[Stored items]
--- START ---
// The configurations that a round got.

use crate::reading::read_of;
use chain_notes::difference_of;
use entity_id::{EntityId, fetch_url};
use entity_statement::{SignedStatement, Statement};
use fed_base::{Duplicate, Memory, Seq, Text};
use plain_notes::Sentence;
use resolve_round::{Ask, Search};
use std::alloc::Global;

/// What an entity's own configuration says of the way up: where it is asked for statements, and who its superiors are.
#[derive(Drop)]
pub(crate) struct Known {
    pub(crate) entity: EntityId,
    pub(crate) endpoint: Option<Text>,
    pub(crate) hints: Seq<EntityId>,
}

/// The configurations that were got where they belong, up to the first for which memory is wanting.
pub(crate) fn configurations_of(alloc: Global, search: &Search) -> Seq<Known> {
    let mut configurations = Seq::new(alloc);
    for ask in search.asks.as_slice() {
        if !add_known(alloc, ask, &mut configurations) {
            break;
        }
    }
    configurations
}

// Adds what was got there, where it is a configuration, and answers whether memory sufficed.
fn add_known(alloc: Global, ask: &Ask, configurations: &mut Seq<Known>) -> bool {
    let Some(signed) = read_of(alloc, ask) else {
        return true;
    };
    let added = add_signed(alloc, ask, &signed, configurations);
    drop(signed);
    added
}

fn add_signed(
    alloc: Global,
    ask: &Ask,
    signed: &SignedStatement,
    configurations: &mut Seq<Known>,
) -> bool {
    let statement = &signed.statement;
    if statement.iss != statement.sub || !is_at(alloc, &statement.iss, ask.url.as_slice()) {
        return true;
    }
    match known_of(alloc, statement) {
        Ok(known) => configurations.push(known).is_ok(),
        Err(_) => false,
    }
}

fn known_of(alloc: Global, statement: &Statement) -> Result<Known, Memory> {
    let endpoint = match statement.fetch_endpoint() {
        Some(endpoint) => Some(endpoint.copy(alloc)?),
        None => None,
    };
    let entity = statement.iss.copy(alloc)?;
    let hints = statement.hints.copy(alloc)?;
    Ok(Known {
        entity,
        endpoint,
        hints,
    })
}

// Whether the entity's configuration is asked for at the URL.
fn is_at(alloc: Global, entity: &EntityId, url: &[u8]) -> bool {
    match entity.well_known(alloc) {
        Ok(own) => own.as_slice() == url,
        Err(_) => false,
    }
}

/// Whose configuration was wanted at a URL: the leaf's, or that of a superior that an entity hints.
#[derive(Clone, Copy, Drop)]
pub(crate) struct Wanted<'a> {
    pub(crate) entity: &'a EntityId,
    // Who hints it, where it isn't the leaf.
    by: Option<&'a EntityId>,
}

impl<'a> Wanted<'a> {
    /// Goes on with whose configuration was wanted, where that of another is there.
    pub(crate) fn after(&self, about: Sentence, there: &EntityId) -> Sentence {
        let sentence = match self.by {
            Some(by) => about.and(b"the hint of ").and(by.text()).and(b" is "),
            None => about.and(b"asked was "),
        };
        sentence
            .and(self.entity.text())
            .and(difference_of(self.entity, there))
    }
}

/// Whose configuration was wanted at the URL: this entity's, where it was wanted there, and else another's that was.
pub(crate) fn wanted_at<'a>(
    alloc: Global,
    leaf: &'a EntityId,
    configurations: &'a [Known],
    url: &[u8],
    there: &EntityId,
) -> Option<Wanted<'a>> {
    let mut found = None;
    if is_at(alloc, leaf, url) {
        found = Some(Wanted {
            entity: leaf,
            by: None,
        });
    }
    for known in configurations {
        found = better_of(found, hinted_at(alloc, known, url, there), there);
    }
    found
}

// Of two that were wanted the one that is there, and else the first.
fn better_of<'a>(
    one: Option<Wanted<'a>>,
    other: Option<Wanted<'a>>,
    there: &EntityId,
) -> Option<Wanted<'a>> {
    match (one, other) {
        (Some(one), Some(other)) => if one.entity != there && other.entity == there {
            Some(other)
        } else {
            Some(one)
        },
        (Some(one), None) => Some(one),
        (None, other) => other,
    }
}

// The hint of the configuration whose own is asked for at the URL: of several the one that is there.
fn hinted_at<'a>(
    alloc: Global,
    known: &'a Known,
    url: &[u8],
    there: &EntityId,
) -> Option<Wanted<'a>> {
    let mut found = None;
    for hint in known.hints.as_slice() {
        if is_at(alloc, hint, url) {
            let hinted = Wanted {
                entity: hint,
                by: Some(&known.entity),
            };
            found = better_of(found, Some(hinted), there);
        }
    }
    found
}

/// Who is asked at the URL for a statement, and about whom.
#[derive(Clone, Copy, Drop)]
pub(crate) struct Fetch<'a> {
    pub(crate) superior: &'a EntityId,
    pub(crate) subject: &'a EntityId,
}

/// The superior and the subject of the statement that is asked for at the URL, where one is.
pub(crate) fn fetch_at<'a>(
    alloc: Global,
    configurations: &'a [Known],
    url: &[u8],
) -> Option<Fetch<'a>> {
    for known in configurations {
        if let Some(endpoint) = &known.endpoint {
            if url.starts_with(endpoint.as_slice()) {
                let subject = subject_at(alloc, endpoint, configurations, url);
                if let Some(subject) = subject {
                    return Some(Fetch {
                        superior: &known.entity,
                        subject,
                    });
                }
            }
        }
    }
    None
}

// The entity about which the endpoint is asked at the URL.
fn subject_at<'a>(
    alloc: Global,
    endpoint: &Text,
    configurations: &'a [Known],
    url: &[u8],
) -> Option<&'a EntityId> {
    for known in configurations {
        if let Ok(asked) = fetch_url(alloc, endpoint, &known.entity) {
            if asked.as_slice() == url {
                return Some(&known.entity);
            }
        }
    }
    None
}

/// Two entities of which each hints the other, where there are such.
pub(crate) fn circle_in(configurations: &[Known]) -> Option<Fetch<'_>> {
    for known in configurations {
        let other = configurations.iter().find(|other| hints(known, &other.entity)
            && hints(other, &known.entity));
        if let Some(other) = other {
            return Some(Fetch {
                superior: &other.entity,
                subject: &known.entity,
            });
        }
    }
    None
}

// Whether the configuration has the entity among its hints.
fn hints(known: &Known, entity: &EntityId) -> bool {
    known.hints.as_slice().iter().any(|hint| hint == entity)
}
--- END ---
**Task requirements:**
Only a number is wanted here: the tally of lines in the entries that include the word "struct".

**Written response:**
3